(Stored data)
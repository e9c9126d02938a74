//! Mapping rules: which component serves a path, by the patterns of Servlet 3.1, sections 12.1 and 12.2.
#![tactic(auto)]

mod fault;
mod index;
mod laws;
mod mapper;
mod patterns;
mod rule;

pub use fault::MapFault;
pub use laws::{exact_rule_is_found, longest_prefix_is_found};
pub use mapper::{MAX_RULES, Mapper};
pub use patterns::is_pattern;
pub use rule::{Found, Rule};

#[cfg(test)]
mod tests;
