//! The free slot numbers, which threads draw and give back.
#![tactic(auto)]

pub mod laws;
mod limit;
mod pool;
mod rule;

pub use pool::{Keeper, NoMemory, Pool, Seat, Slip};

#[cfg(test)]
mod tests;
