// The order of the records, document 02, W1: a sheet that is out of order is refused with 11, and only where nothing makes it a 1 or a 2.
ghost use Rattle.std.specs.Prelude.{◌≡◌, ◌+◌, ◌<◌, ◌≤◌, length};

use crate::sheets::{edit, judge};
use bits::Refusal;
use std::io;

// The LFE is channel n.
fn end_of(channel: u8, n: u8) -> u8 {
    if channel == n {
        return 7;
    }
    37
}

// A full-bandwidth channel has as many segments as its number says, so that the records differ in length. The LFE has none.
fn segments_of(channel: u8, n: u8) -> u8
    ensures { result ≤ 5 }
{
    if channel == n {
        return 0;
    }
    if 5 < channel {
        return 0;
    }
    channel
}

// A record at this place of a buffer of 0, the LFE's for channel n; where the next record starts.
fn record(bytes: &mut [u8], at: usize, channel: u8, n: u8) -> usize
    requires { at + 26 ≤ length bytes.old }
    ensures lower_bound { (at ≤ result) × (result ≤ at + 26) }
    ensures bytes_len_unchanged { length bytes.new ≡ length bytes.old }
{
    let nseg = segments_of(channel, n);
    bytes[at] = channel;
    bytes[at + 1] = end_of(channel, n);
    bytes[at + 2] = 1;
    bytes[at + 10] = nseg;
    at + (11 + 3 * usize::from(nseg))
}

// The sheet whose records are those of these channels, in this order; how many bytes it has: a head of 12, and at most 26 a record.
fn sheet_of(bytes: &mut [u8], n: u8, lfe: u8, channels: &[u8]) -> usize
    requires { (168 ≤ length bytes.old) × (length channels.now ≤ 6) }
    ensures upper_bound { result ≤ 168 }
    ensures bytes_len_unchanged { length bytes.new ≡ length bytes.old }
{
    bytes[2] = 1;
    bytes[4] = n;
    bytes[5] = lfe;
    let mut at: usize = 12;
    for channel in channels {
        at = record(bytes, at, *channel, n);
    }
    bytes[1] = (at - 2) as u8;
    at
}

// That sheet with some bytes changed.
fn arranged_edited(
    rt: &impl Print,
    label: &str,
    n: u8,
    lfe: u8,
    channels: &[u8],
    edits: &[(usize, u8)],
) -> io::Result<()>
    requires { length channels.now ≤ 6 }
{
    let mut bytes = [0u8; 168];
    let size = sheet_of(&mut bytes, n, lfe, channels);
    edit(&mut bytes, edits);
    judge(rt, label, &bytes[..size])
}

// That sheet as it is.
fn arranged(rt: &impl Print, label: &str, n: u8, lfe: u8, channels: &[u8]) -> io::Result<()>
    requires { length channels.now ≤ 6 }
{
    arranged_edited(rt, label, n, lfe, channels, &[])
}

pub(crate) fn places_of_the_lfe(rt: &impl Print) -> io::Result<()> {
    arranged(rt, "LFE last", 2, 1, &[0, 1, 2])?;
    arranged(rt, "LFE between", 2, 1, &[0, 2, 1])?;
    arranged(rt, "LFE first", 2, 1, &[2, 0, 1])?;
    arranged(rt, "LFE last, channels 1 and 0", 2, 1, &[1, 0, 2])
}

// A channel twice, one that the sheet has not, or one missing is a 2, whether or not the records are in order.
pub(crate) fn not_each_once(rt: &impl Print) -> io::Result<()> {
    arranged(rt, "channels 0, 0, 1", 2, 0, &[0, 0, 1])?;
    arranged(rt, "channels 0, 1, 1", 2, 0, &[0, 1, 1])?;
    arranged(rt, "channels 0, 1, 1 of three", 3, 0, &[0, 1, 1])?;
    arranged(rt, "channels 1, 0, 1", 2, 0, &[1, 0, 1])?;
    arranged(rt, "channels 1, 1, 0 of three", 3, 0, &[1, 1, 0])?;
    arranged(rt, "channels 0, 2 of two", 2, 0, &[0, 2])?;
    arranged(rt, "channels 2, 0 of two", 2, 0, &[2, 0])?;
    arranged(rt, "channels 255, 0 of two", 2, 0, &[255, 0])?;
    arranged(rt, "channels 1, 0 of three", 3, 0, &[1, 0])?;
    arranged(rt, "channels 1, 0, no record of the LFE", 2, 1, &[1, 0])
}

// Channel 1's record from byte 12 with one segment, then channel 0's from byte 26 with none.
fn backwards(rt: &impl Print, label: &str, edits: &[(usize, u8)]) -> io::Result<()> {
    arranged_edited(rt, label, 2, 0, &[1, 0], edits)
}

// 11 comes after every other number of the sheet check.
pub(crate) fn other_faults(rt: &impl Print) -> io::Result<()> {
    backwards(rt, "out of order", &[])?;
    backwards(rt, "out of order, fscod 3", &[(3, 3)])?;
    backwards(rt, "out of order, csnroffst 64", &[(11, 64)])?;
    backwards(rt, "out of order, first record's end 38", &[(13, 38)])?;
    backwards(rt, "out of order, first record's ba 8", &[(25, 8)])?;
    backwards(
        rt,
        "out of order, last record's block 0 strategy 0",
        &[(28, 0)],
    )?;
    backwards(rt, "out of order, last record's fgaincod 8", &[(35, 8)])?;
    backwards(rt, "out of order, version 2", &[(2, 2)])?;
    backwards(rt, "out of order, length one less", &[(1, 34)])?;
    backwards(rt, "out of order, length one more", &[(1, 36)])?;
    backwards(rt, "out of order, first record cut short", &[(22, 255)])?;
    backwards(rt, "out of order, last record cut short", &[(36, 1)])?;
    arranged_edited(rt, "LFE first, its end 8", 2, 1, &[2, 0, 1], &[(13, 8)])?;
    arranged_edited(
        rt,
        "channels 1, 1, 0, version 2",
        2,
        0,
        &[1, 1, 0],
        &[(2, 2)],
    )
}

// The channels of a list are the digits of its number, the first record's first, so that the numbers from 0 on go through all lists.
// Written out: tried as `[1, 6, 36, ..].map`, where it stayed open that no divisor is 0.
fn channels_of(number: u32) -> [u8; 6] {
    [
        (number % 6) as u8,
        (number / 6 % 6) as u8,
        (number / 36 % 6) as u8,
        (number / 216 % 6) as u8,
        (number / 1296 % 6) as u8,
        (number / 7776 % 6) as u8,
    ]
}

fn answer_of(n: u8, lfe: u8, channels: &[u8]) -> Result<(), Refusal>
    requires { length channels.now ≤ 6 }
{
    let mut bytes = [0u8; 168];
    let size = sheet_of(&mut bytes, n, lfe, channels);
    sheet::check_sheet(&bytes[0..size])
}

fn counted(count: u32, answer: Result<(), Refusal>, wanted: Refusal) -> u32
    requires { count < 46656 }
    ensures { result ≤ count + 1 }
{
    count + u32::from(answer == Err(wanted))
}

fn show_channels(rt: &impl Print, channels: &[u8]) -> io::Result<()> {
    for channel in channels {
        print!(rt; " {channel}")?;
    }
    Ok(())
}

// Each list that is accepted is shown.
fn show_accepted(rt: &impl Print, answer: Result<(), Refusal>, channels: &[u8]) -> io::Result<()> {
    if answer.is_err() {
        return Ok(());
    }
    print!(rt; " accepted")?;
    show_channels(rt, channels)?;
    print!(rt; ",")
}

fn show_title(rt: &impl Print, n: u8, lfe: u8, lists: u32) -> io::Result<()> {
    print!(rt; "nfchans {n}, lfe {lfe}, lists of channels {lists}:")
}

fn show_counts(rt: &impl Print, out_of_order: u32, out_of_range: u32) -> io::Result<()> {
    println!(rt; " out of order {out_of_order}, out of range {out_of_range}")
}

// All sheets of `size` records, each of any of the six channels that there may be: in most of them a channel comes twice, which is a 2.
fn every_list(rt: &impl Print, n: u8, lfe: u8, size: usize, lists: u32) -> io::Result<()>
    requires { (size ≤ 6) × (lists ≤ 46656) }
{
    let mut out_of_order: u32 = 0;
    let mut out_of_range: u32 = 0;
    show_title(rt, n, lfe, lists)?;
    for number in 0..lists {
        let channels = channels_of(number);
        let answer = answer_of(n, lfe, &channels[0..size]);
        show_accepted(rt, answer, &channels[0..size])?;
        out_of_order = counted(out_of_order, answer, Refusal::OutOfOrder);
        out_of_range = counted(out_of_range, answer, Refusal::OutOfRange);
    }
    show_counts(rt, out_of_order, out_of_range)
}

// Every order of the records is among the lists of so many channels, of which there are 6 to the power of that number.
pub(crate) fn every_order(rt: &impl Print) -> io::Result<()> {
    every_list(rt, 1, 0, 1, 6)?;
    every_list(rt, 1, 1, 2, 36)?;
    every_list(rt, 2, 0, 2, 36)?;
    every_list(rt, 2, 1, 3, 216)?;
    every_list(rt, 3, 0, 3, 216)?;
    every_list(rt, 3, 1, 4, 1296)?;
    every_list(rt, 4, 0, 4, 1296)?;
    every_list(rt, 4, 1, 5, 7776)?;
    every_list(rt, 5, 0, 5, 7776)?;
    every_list(rt, 5, 1, 6, 46656)
}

→ Work required
Whenever a line of the data includes "ensures", copy that line.

→ The answer
    ensures { result ≤ 5 }
    ensures lower_bound { (at ≤ result) × (result ≤ at + 26) }
    ensures bytes_len_unchanged { length bytes.new ≡ length bytes.old }
    ensures upper_bound { result ≤ 168 }
    ensures bytes_len_unchanged { length bytes.new ≡ length bytes.old }
    ensures { result ≤ count + 1 }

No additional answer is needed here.